Vinge n'apporte pas de réponse, son propos n'est pas d'une originalité à couper le souffle, mais l'argumentation est astucieuse. Et puis, après tout, il n'est pas inutile de réitérer les mises en garde contre l'abus de pouvoir, spécialement quand la redite est élégante. Car le bougre a du style. Un style même. Une patte pour ainsi dire. Comme dans Un Feu sur L'Abîme, on s'accommodera de son refus obstiné des scènes d'expositions. Du coup, pénétrer son Univers vous demandera un peu de temps. On s'y essaie d'abord. On se mouille le plexus pour commencer, puis la nuque, et finalement on y entre doucement. Et une fois qu'on est dedans.
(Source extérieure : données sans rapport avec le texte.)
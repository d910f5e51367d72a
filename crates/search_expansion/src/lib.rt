// The tree of schedules with sleep sets: how a job is expanded.
#![tactic(auto)]

pub mod expansion;
mod frame;
mod node;
pub mod observer;
mod sleeping;
mod walk;
mod world;

pub use expansion::expand;
pub use node::stepped;
pub use observer::{Observer, Unwatched};
pub use search_jobs::{Exploration, Job, JobName, Piece, Ticket};
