// When signals are delivered in random schedules.
fn found_delivery(matches: &ArgMatches<'_>) -> Delivery
    ensures { ReadsFlag (one_of (codes "at-once") (rows_of (found_of matches.now))) (delivers_at_once result) }
{
    let at_once = matches.get_flag("at-once");
    if at_once {
        Delivery::AtOnce
    } else {
        Delivery::AnyTime
    }
}

// What an exploration prints.
fn found_printed(matches: &ArgMatches<'_>) -> Printed
    ensures { IsPrintedOf (rows_of (found_of matches.now)) result }
{
    Printed {
        explained: matches.get_flag("explain"),
        cover: matches.get_flag("cover"),
        terms: asks_terms(format_of(matches)),
    }
}

// The number that an option has.
fn found_number(matches: &ArgMatches<'_>, id: &str) -> Option<u64>
    ensures { ReadsNumber (one_of id.now (rows_of (found_of matches.now))) result }
{
    matches.get_one::<u64>(id)
}
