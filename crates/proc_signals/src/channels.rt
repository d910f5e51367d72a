// The channels between processes.
ghost use Rattle.std.specs.Prelude.{◌≡◌, true, [], ◌∷◌, ◌++◌, drop, IfOk, IsSome, OnOk, OnErr, option_map, None, ◌↔◌, ◌≢◌};
ghost use Rattle.world_model.specs.Cells.{Contents};
ghost use Rattle.world_model.specs.Changes.{changed, SignalPut, SignalDelivered};
ghost use Rattle.world_model.specs.Names.{Pid as PidSeen, IsAmong};
ghost use Rattle.world_model.specs.Signals.{first_of};
ghost use Rattle.proc_signals.specs.Channels.{between, IsChangedBetween, TakesFrom, AreChannels, order_of_pairs};
ghost use Rattle.std.specs.List.Sorted.{IsStrictlySortedBy};
ghost use Rattle.proc_signals.specs.Signal.{signal_of};

use crate::senders::Senders;
use crate::signal::Signal;
use std::alloc::{AllocError, Global};
use std::hash::Hasher;
use std::marker::Model;
use std::sync::Arc;
use term_core::Pid;

/// The signals on their way between any two processes, the oldest first (Erlang reference manual,
/// "Processes", "Delivery of Signals"). Contracts read those of each pair with `between`. Copies share
/// them until one of them is changed; then it clones the pointers to channels, and the one channel.
pub struct Channels {
    senders: Arc<Senders>,
}

// Dropped by a call, so that no crate above proves again how.
impl Drop for Channels {
    fn drop(self) {
        let Channels { senders: _ } = self;
    }
}

impl Model for Channels {
    ghost use Rattle.std.specs.Prelude.{ℕ, List};
    ghost use Rattle.std.specs.Coded.{coded_list};
    ghost use Rattle.proc_signals.specs.Channels as seen;
    ghost use Rattle.proc_signals.specs.inside.SignalCodes.{coded_channel};

    ghost Value = { List ((List ℕ × List ℕ) × seen.Queue) };

    ghost coded = { coded_list coded_channel };

    ghost view = { λ c. c.senders.value };
}

impl Channels {
    /// No signals, or `AllocError` if there is no memory for it.
    pub fn new(alloc: Global) -> Result<Channels, AllocError>
        ensures { IfOk result (λ channels. (s r : PidSeen) → between channels s r ≡ []) }
    {
        Ok(Channels {
            senders: Arc::new(alloc, Senders::new(alloc))?,
        })
    }

    /// Whether the same signals are on their way from one process to another as in other channels. It takes no memory.
    pub fn is_same_between(&self, from: &Pid, to: &Pid, other: &Channels) -> bool
        ensures { result ≡ true → between self.now from.now to.now ≡ between other.now from.now to.now }
    {
        self.senders.is_same_between(from, to, &other.senders)
    }

    /// Feeds a hasher with the signals on their way from one process to another, by which a search finds what may be the
    /// same: it gives the same where these signals are the same. It takes no memory.
    pub fn feed_between<H: Hasher>(&self, from: &Pid, to: &Pid, state: &mut H) {
        self.senders.feed_between(from, to, state);
    }

    /// The same channels, or `AllocError` where their copies can no longer be counted. It takes no memory and
    /// one step.
    pub fn copy(&self) -> Result<Channels, AllocError>
        ensures { IfOk result (λ copied. copied ≡ self.now) }
    {
        Ok(Channels {
            senders: Arc::try_clone(&self.senders)?,
        })
    }

    /// The oldest signal on its way from one process to another, if there is one. It takes no memory.
    pub fn front(&self, from: &Pid, to: &Pid) -> Option<&Signal>
        ensures { option_map (λ signal. signal_of signal.now) result ≡ first_of (between self.now from.now to.now) }
    {
        self.senders.front(from, to)
    }

    /// Puts a signal after those on their way from one process to another: signals between two processes arrive in the
    /// order in which they were sent. `AllocError` if there is no memory for it: then the channels are as they were,
    /// and the signal is dropped.
    #[tactic(auto, using(crate::proofs::Cells::puts_follow))]
    pub fn send(
        &mut self,
        alloc: Global,
        from: &Pid,
        to: &Pid,
        signal: Signal,
    ) -> Result<(), AllocError>
        ensures ok { OnOk result (IsChangedBetween from.now to.now (λ signals. signals ++ signal_of signal ∷ []) self.old self.new) }
        ensures puts { OnOk result ((v : Contents) →
            AreChannels self.old v → AreChannels self.new (changed (SignalPut from.now to.now (signal_of signal)) v)) }
        ensures err { OnErr result (self.new ≡ self.old) }
    {
        let senders = Arc::make_mut(&mut self.senders)?;
        senders.send(alloc, from, to, signal)?;
        Ok(())
    }

    /// Takes out the oldest signal on its way from one process to another, if there is one. `AllocError` if
    /// there is no memory for it, and then the channels are as they were.
    pub fn take_front(&mut self, from: &Pid, to: &Pid) -> Result<Option<Signal>, AllocError>
        ensures taken { IfOk result (λ taken. option_map signal_of taken ≡ first_of (between self.old from.now to.now)) }
        ensures ok { OnOk result (IsChangedBetween from.now to.now (drop 1) self.old self.new) }
        ensures fetches { IfOk result (λ taken. (v : Contents) → IsSome taken →
            AreChannels self.old v → AreChannels self.new (changed (SignalDelivered from.now to.now) v)) }
        ensures none { IfOk result (λ taken. taken ≡ None → self.new ≡ self.old) }
        ensures err { OnErr result (self.new ≡ self.old) }
    {
        if self.senders.front(from, to).is_none() {
            return Ok(None);
        }
        let senders = Arc::make_mut(&mut self.senders)?;
        let taken = senders.take_front(from, to)?;
        Ok(taken)
    }

    /// Takes over the signals on their way from one process to another from other channels, with which it shares them
    /// then; all others stay. Where the other channels have none there, there are none afterwards. `AllocError` if there
    /// is no memory for it, or copies can no longer be counted; then the channels are as they were.
    pub fn take_from(&mut self, from: &Pid, to: &Pid, other: &Channels) -> Result<(), AllocError>
        ensures ok { OnOk result (TakesFrom from.now to.now other.now self.old self.new) }
        ensures err { OnErr result (self.new ≡ self.old) }
    {
        let senders = Arc::make_mut(&mut self.senders)?;
        senders.take_from(from, to, &other.senders)?;
        Ok(())
    }

    /// The pairs of processes whose channel is not empty, each once, in the order of senders and then of
    /// receivers. `AllocError` if there is no memory for them.
    #[tactic(auto, using(crate::proofs::Pairs::listed_have, crate::proofs::Pairs::have_listed))]
    pub fn pairs(&self, alloc: Global) -> Result<Vec<(Pid, Pid)>, AllocError>
        ensures listed { IfOk result (λ pairs. (s r : PidSeen) →
            IsAmong (s, r) pairs.items ↔ (between self.now s r ≢ [])) }
        ensures ordered { IfOk result (λ pairs. IsStrictlySortedBy order_of_pairs pairs.items) }
    {
        let pairs = self.senders.pairs(alloc)?;
        Ok(pairs)
    }
}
On a du mal à en sortir ! Entraîné dans une galerie de portraits parfois stéréotypée, une intrigue dense qui, certes, s'embrouille un peu quand l'action s'en mêle, on ne perd néanmoins pas une miette du parcours de ce héros décalé, joliment paumé dans un monde qu'il ne comprend plus tout à fait, et qu'il va pourtant lui falloir décrypter pour sauver sa vie.

Une confirmation...

Moins intense qu'Un Feu sur l'Abîme (après tout c'est normal puisqu'il lui est antérieur et que c'est en forgeant qu'on devient forgeron), La Captive du Temps Perdu confirme l'apparition trop tardive d'un auteur de grand talent, qui possède la magie du verbe et fait naître de ses pages la stase d'un univers riche, nous emmenant sans encombre à l'autre bout de quelques 370 pages de ce roman ; et ce n'est déjà pas mal.